Yes. Certbot is open-source software developed by the EFF. The SSL certificates it obtains from Let’s Encrypt are completely free. There are no fees for issuance, renewal, or support.

How often do Certbot certificates expire?

Let’s Encrypt certificates expire every 90 days. Certbot automatically renews them before expiration, typically 30 days in advance. You don’t need to manually renew unless the automated process fails.

Can I use Certbot with Cloudflare or other CDNs?

Yes, but with caveats. If Cloudflare is proxying your traffic (orange cloud), Certbot cannot validate via HTTP-01 because the challenge file won’t be served from your origin. Use DNS-01 validation instead, as shown in the wildcard example.

What if Certbot fails to obtain a certificate?

Common causes:

• Domain not resolving to the server
• Port 80 blocked by firewall or ISP
• Web server misconfiguration
• Already having a certificate for the same domain

Run sudo certbot certificates to list existing certificates. Use sudo certbot delete to remove conflicting ones. Check logs at /var/log/letsencrypt/letsencrypt.log for detailed error messages.

Can I get a wildcard certificate with Certbot?

Yes. Wildcard certificates (e.g., *.example.com) are supported using DNS-01 validation. You must use a plugin that integrates with your DNS provider (e.g., Cloudflare, Route 53, Namecheap).

Does Certbot work on Windows?

Certbot is designed for Linux/Unix systems. For Windows, use alternatives like Win-ACME (formerly WACS), which provides similar functionality for IIS servers.

Can I use Certbot for internal or private domains?

No. Let’s Encrypt only issues certificates for publicly resolvable domain names. Private domains (e.g., internal.local) require a private CA or commercial certificate authority.

How do I back up my Certbot certificates?

Certificates are stored in /etc/letsencrypt/live/yourdomain.com/. Copy the entire /etc/letsencrypt directory to secure offsite storage. Include the private keys—they’re required for restoration.

What’s the difference between fullchain.pem and cert.pem?

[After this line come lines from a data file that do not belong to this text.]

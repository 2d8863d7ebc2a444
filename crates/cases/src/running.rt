// A case run to its end, or to a question past the end of its list of verdicts; and its answer as text.
ghost use Rattle.std.specs.Prelude.{◌≤◌, length};

use crate::body::put_body;
use crate::reading::Case;
use base::Verdict;
use report::tell;
use scan::beginning::single;
use scan::{Answer, Ran, Tally};

// More calls than a case takes: one for each step of the longest page, and one for each verdict.
const CALLS: usize = 1_000_000;

// What an answer that carries no counts is written with.
const NOTHING_MADE: Tally = Tally {
    events: 0,
    steps: 0,
};

// The answer's number, its counts, and the length of its text, which stands at the start of a lent buffer. The number is that of report's
// `Told`, and no more is asked of it than whether it is Nok's.
#[derive(Clone, Copy)]
pub(crate) struct Outcome {
    pub number: u8,
    pub made: Tally,
    pub length: usize,
}

// The text of the answer, with the body where the scan asks, goes to the piece.
pub(crate) fn run_case(
    case: Case,
    page: &[u8],
    words: &mut [u32],
    scratch: &mut [u8],
    piece: &mut [u8],
) -> Outcome
    ensures { result.length ≤ length piece.new }
{
    let ran = run_on(case, page, words);
    let told = tell(ran.answer);
    let mut length = report::answer_text(piece, 0, told, b":");
    if matches!(ran.answer, Answer::Asking { .. }) {
        let at = report::text(piece, length, b" ");
        length = put_body(ran.scan, page, scratch, piece, at).min(piece.len());
    }
    Outcome {
        number: told.number,
        made: told.tally.unwrap_or(NOTHING_MADE),
        length,
    }
}

// A paused scan goes on; one that asks is given the next verdict of the list.
fn run_on(case: Case, page: &[u8], words: &mut [u32]) -> Ran {
    let mut ran = single(page, case.request, case.allowance, words);
    let mut at = 0;
    for _ in 0..CALLS {
        match ran.answer {
            Answer::Paused { .. } => {}
            Answer::Asking { .. } => {
                let Some(next) = next_verdict(case.verdicts, at) else {
                    return ran;
                };
                ran = ran.scan.give(next.verdict);
                if !matches!(ran.answer, Answer::Kept) {
                    return ran;
                }
                at = next.behind;
            }
            _ => return ran,
        }
        ran = ran.scan.run(page, words, case.allowance);
    }
    ran
}

// A verdict, and where the rest of its list begins.
#[derive(Clone, Copy)]
struct Heard {
    verdict: Verdict,
    behind: usize,
}

fn next_verdict(list: &[u8], at: usize) -> Option<Heard> {
    let end = text::find(list, at, b',');
    let verdict = text::read_verdict(list, at, end)?;
    Some(Heard {
        verdict,
        behind: end + 1,
    })
}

cert.pem is your domain’s certificate only. fullchain.pem includes your certificate plus the intermediate certificates needed to build a trusted chain back to Let’s Encrypt’s root. Always use fullchain.pem in your web server configuration.

Can I use Certbot with shared hosting?

Most shared hosts don’t provide shell access or root privileges, making Certbot installation impossible. Check if your host offers free Let’s Encrypt SSL through their control panel (e.g., cPanel, Plesk). If not, consider upgrading to a VPS or managed hosting with Certbot support.

Conclusion

Installing Certbot SSL is one of the most impactful security and SEO improvements you can make to any website. By automating the acquisition and renewal of free, trusted SSL certificates, Certbot removes the complexity and cost traditionally associated with HTTPS deployment. Whether you’re running a personal blog, an enterprise application, or a multi-subdomain SaaS platform, the steps outlined in this guide ensure your site remains secure, compliant, and optimized for modern web standards.

The combination of automatic renewal, strong cipher defaults, HSTS enforcement, and DNS validation for complex setups makes Certbot the gold standard for SSL management. Combined with proper monitoring and configuration hardening, you not only protect your users’ data but also signal to search engines and visitors that your site is trustworthy and professional.

Don’t wait until your certificate expires. If you haven’t installed Certbot yet, start today. Use this guide as your reference, test your configuration thoroughly, and enable automatic renewal immediately. In the modern web, HTTPS isn’t just a feature—it’s the baseline.